Ahead of the launch, Professor Chas Bountra, Director of the Oxford Martin Programme on Affordable Medicines and Chief Scientist at the Structural Genomics Consortium, said: “The pharmaceutical industry has made enormous strides in the production of potential therapies and medicines. But even today, close to 90% of candidate drugs that enter Phase 1 trials fail to make it to the market place. This is a system beset by duplication of effort and hence wastage of resources. No one lab or institution can do this on its own. We must urgently pool resources and expertise, minimise duplication, explore new drug targets, biomarkers, and technologies in order to generate new, effective, and more affordable drugs for patients more quickly.”

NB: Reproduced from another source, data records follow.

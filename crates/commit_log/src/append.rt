// Appending a payload, call by call.
ghost use Rattle.std.specs.Prelude.{◌≡◌, ◌+◌, ◌≤◌, ◌<◌, ◌^◌, ◌++◌, [], ◌∷◌, ℕ, List, length, OnOk, IfOk, IfErr, Err};
ghost use Rattle.site_model.specs.History.{on, wrote, synced, changes_of};
ghost use Rattle.site_model.specs.Calls.{HasRisen, HasCause, Writes, Syncs};
ghost use Rattle.site_model.specs.Moments.{LeavesOnly};
ghost use Rattle.commit_log.specs.declared.header.Header.{Header};
ghost use Rattle.commit_log.specs.Segment.{framed, open_gate};
ghost use Rattle.commit_log.specs.States.{IsResting, IsBodied, IsSynced, IsGated, Rests, IsSyncedThere, HasFrames, HasFramesOrOneMore};
ghost use Rattle.commit_log.specs.Outcomes.{AfterBody, AfterSync, AfterGate, AfterSettle};

use crate::frame::{OPEN_GATE, behind_gate};
use crate::states::{Bodied, BodyError, BrokenBody, BrokenGate, Gated, Resting, Synced};
use site_model::Site;
use std::alloc::Global;

impl Resting {
    /// Writes a frame with this payload behind the closed gate, unless the file would come to `limit` bytes or more.
    pub fn body<V: Site>(
        self,
        alloc: Global,
        site: &mut V,
        payload: &[u8],
        limit: u64,
    ) -> Result<Bodied, BodyError>
        requires limit { limit ≤ 2 ^ 31 }
        requires rests { V.tells site.old → Rests (changes_of self.file (V.history site.old))
            self.gate }

        ensures tells { V.tells site.new → V.tells site.old }
        ensures during { (h : Header) (payloads : List (List ℕ))
            → IsResting (changes_of self.file (V.history site.old)) h payloads self.gate
            → LeavesOnly self.file (V.history site.old) (V.history site.new)
            (HasFrames h payloads self.gate) }
        ensures after { (h : Header) (payloads : List (List ℕ))
            → IsResting (changes_of self.file (V.history site.old)) h payloads self.gate
            → AfterBody (V.history site.new) h payloads payload.now result }
        ensures wrote { OnOk result (V.history site.new
            ≡ on self.file (wrote (self.gate + 1) (length payload.now + 5)
            (framed payload.now ++ 0 ∷ [])) ∷ V.history site.old) }
        ensures place { IfOk result (λ log. (log.file ≡ self.file) × (log.gate ≡ self.gate)
            × (log.next ≡ self.gate + 5 + length payload.now)) }

        // Full exactly where the new length is at least the limit.
        ensures full { limit ≤ self.gate + 6 + length payload.now
            → result ≡ Err (BodyError.Full (self.gate + 6 + length payload.now) self) }
        ensures room { (n : ℕ) (log : _) → result ≡ Err (BodyError.Full n log)
            → limit ≤ self.gate + 6 + length payload.now }
        ensures untouched { (log : _) → result ≡ Err (BodyError.Memory log)
            → (log ≡ self) × (V.history site.new ≡ V.history site.old) }
        ensures untouched_full { (n : ℕ) (log : _) → result ≡ Err (BodyError.Full n log)
            → V.history site.new ≡ V.history site.old }
        ensures broken { (log : _) → result ≡ Err (BodyError.SiteFault log)
            → (log.file ≡ self.file) × (log.gate ≡ self.gate)
            × (log.next ≡ self.gate + 5 + length payload.now)
            × HasRisen (V.disk_faults site.old) (V.disk_faults site.new) }
        ensures later { V.disk_faults site.old ≤ V.disk_faults site.new }
        ensures say_faults { V.say_faults site.new ≡ V.say_faults site.old }
    {
        let length = self.gate + payload.len() as u64 + 6;
        if length >= limit {
            return Err(BodyError::Full { length, log: self });
        }
        let bytes = match behind_gate(alloc, payload) {
            Ok(bytes) => bytes,
            Err(_) => return Err(BodyError::Memory(self)),
        };
        let Resting { file, gate } = self;
        let next = length - 1;
        match site.write(file, gate + 1, &bytes) {
            Ok(()) => Ok(Bodied { file, gate, next }),
            Err(_) => Err(BodyError::SiteFault(BrokenBody { file, gate, next })),
        }
    }
}

impl Bodied {
    /// Makes the frame safe on the disk.
    pub fn sync_body<V: Site>(self, site: &mut V) -> Result<Synced, BrokenBody>
        ensures tells { V.tells site.new → V.tells site.old }
        ensures during { (h : Header) (payloads : List (List ℕ)) (payload : List ℕ)
            → IsBodied (changes_of self.file (V.history site.old)) h payloads payload self.gate
            self.next → LeavesOnly self.file (V.history site.old) (V.history site.new)
            (HasFrames h payloads self.gate) }
        ensures after { (h : Header) (payloads : List (List ℕ)) (payload : List ℕ)
            → IsBodied (changes_of self.file (V.history site.old)) h payloads payload self.gate
            self.next → AfterSync (V.history site.new) h payloads payload result }
        ensures synced { OnOk result (V.history site.new
            ≡ on self.file synced ∷ V.history site.old) }
        ensures place { IfOk result (λ log. (log.file ≡ self.file) × (log.gate ≡ self.gate)
            × (log.next ≡ self.next)) }
        ensures broken { IfErr result (λ log. (log.file ≡ self.file) × (log.gate ≡ self.gate)
            × (log.next ≡ self.next)) }
        ensures cause { HasCause (V.disk_faults site.old) (V.disk_faults site.new) result }
        ensures say_faults { V.say_faults site.new ≡ V.say_faults site.old }
    {
        match site.sync(self.file) {
            Ok(()) => Ok(self.synced()),
            Err(_) => Err(self.failed()),
        }
    }
}

impl Synced {
    /// Opens the gate before the frame.
    pub fn gate<V: Site>(self, site: &mut V) -> Result<Gated, BrokenGate>
        requires { V.tells site.old → IsSyncedThere (changes_of self.file (V.history site.old))
            self.gate self.next }

        ensures tells { V.tells site.new → V.tells site.old }
        ensures during { (h : Header) (payloads : List (List ℕ)) (payload : List ℕ)
            → IsSynced (changes_of self.file (V.history site.old)) h payloads payload self.gate
            self.next → LeavesOnly self.file (V.history site.old) (V.history site.new)
            (HasFramesOrOneMore h payloads payload self.gate self.next) }
        ensures after { (h : Header) (payloads : List (List ℕ)) (payload : List ℕ)
            → IsSynced (changes_of self.file (V.history site.old)) h payloads payload self.gate
            self.next → AfterGate (V.history site.new) h payloads payload result }
        ensures writes { Writes self.file self.gate (open_gate ∷ []) (V.history site.old)
            (V.history site.new) result }
        ensures opened { OnOk result (V.history site.new
            ≡ on self.file (wrote self.gate 1 (open_gate ∷ [])) ∷ V.history site.old) }
        ensures place { IfOk result (λ log. (log.file ≡ self.file) × (log.gate ≡ self.gate)
            × (log.next ≡ self.next)) }
        ensures broken { IfErr result (λ log. (log.file ≡ self.file) × (log.gate ≡ self.gate)
            × (log.next ≡ self.next)) }
        ensures cause { HasCause (V.disk_faults site.old) (V.disk_faults site.new) result }
        ensures say_faults { V.say_faults site.new ≡ V.say_faults site.old }
    {
        let Synced { file, gate, next } = self;
        match site.write(file, gate, &[OPEN_GATE]) {
            Ok(()) => Ok(Gated { file, gate, next }),
            Err(_) => Err(BrokenGate { file, gate, next }),
        }
    }
}

impl Gated {
    /// Makes the open gate safe on the disk. From then on each crash leaves the frame.
    pub fn settle<V: Site>(self, site: &mut V) -> Result<Resting, BrokenGate>
        ensures tells { V.tells site.new → V.tells site.old }
        ensures during { (h : Header) (payloads : List (List ℕ)) (payload : List ℕ)
            → IsGated (changes_of self.file (V.history site.old)) h payloads payload self.gate
            self.next → LeavesOnly self.file (V.history site.old) (V.history site.new)
            (HasFramesOrOneMore h payloads payload self.gate self.next) }
        ensures after { (h : Header) (payloads : List (List ℕ)) (payload : List ℕ)
            → IsGated (changes_of self.file (V.history site.old)) h payloads payload self.gate
            self.next → AfterSettle (V.history site.new) h payloads payload result }
        ensures syncs { Syncs self.file (V.history site.old) (V.history site.new) result }
        ensures synced { OnOk result (V.history site.new
            ≡ on self.file synced ∷ V.history site.old) }
        ensures place { IfOk result (λ log. (log.file ≡ self.file) × (log.gate ≡ self.next)) }
        ensures broken { IfErr result (λ log. (log.file ≡ self.file) × (log.gate ≡ self.gate)
            × (log.next ≡ self.next)) }
        ensures cause { HasCause (V.disk_faults site.old) (V.disk_faults site.new) result }
        ensures say_faults { V.say_faults site.new ≡ V.say_faults site.old }
    {
        match site.sync(self.file) {
            Ok(()) => Ok(self.settled()),
            Err(_) => Err(self.failed()),
        }
    }
}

The new paper calls for the adoption of ‘open science’ principles that would allow for a less restrictive approach to the sharing of pharmaceutical tools and data, and would re-define the role of IP in pharmaceutical R&D. It also gives examples of where this is already working successfully.
“There has been a great deal of successful experimentation with the application of pre-competitive and open source approaches to drug discovery, not least here at Oxford with the Structural Genomics Consortium, which has shown how corporate pharmaceutical resources can be pooled and used to produce IP-free science” says co-author Dr Javier Lezaun at the Institute for Science, Innovation and Society.
Dr Wen Hwa Lee expands on this: “Recent healthcare advances have been challenging what is becoming an obsolete way of working, in search of a more efficient configuration. At the centre of this soul-searching and restructuring is the matter of trust and cooperation which can be best established through open science and transparent frameworks.”
Although there is no simple one-size-fits-all solution to the challenges of the drug discovery process, the authors argue that open source R&D has the potential to have a significant impact. The paper outlines a number of recommendations aimed at enlarging and strengthening this crucial component of the drug discovery ecosystem.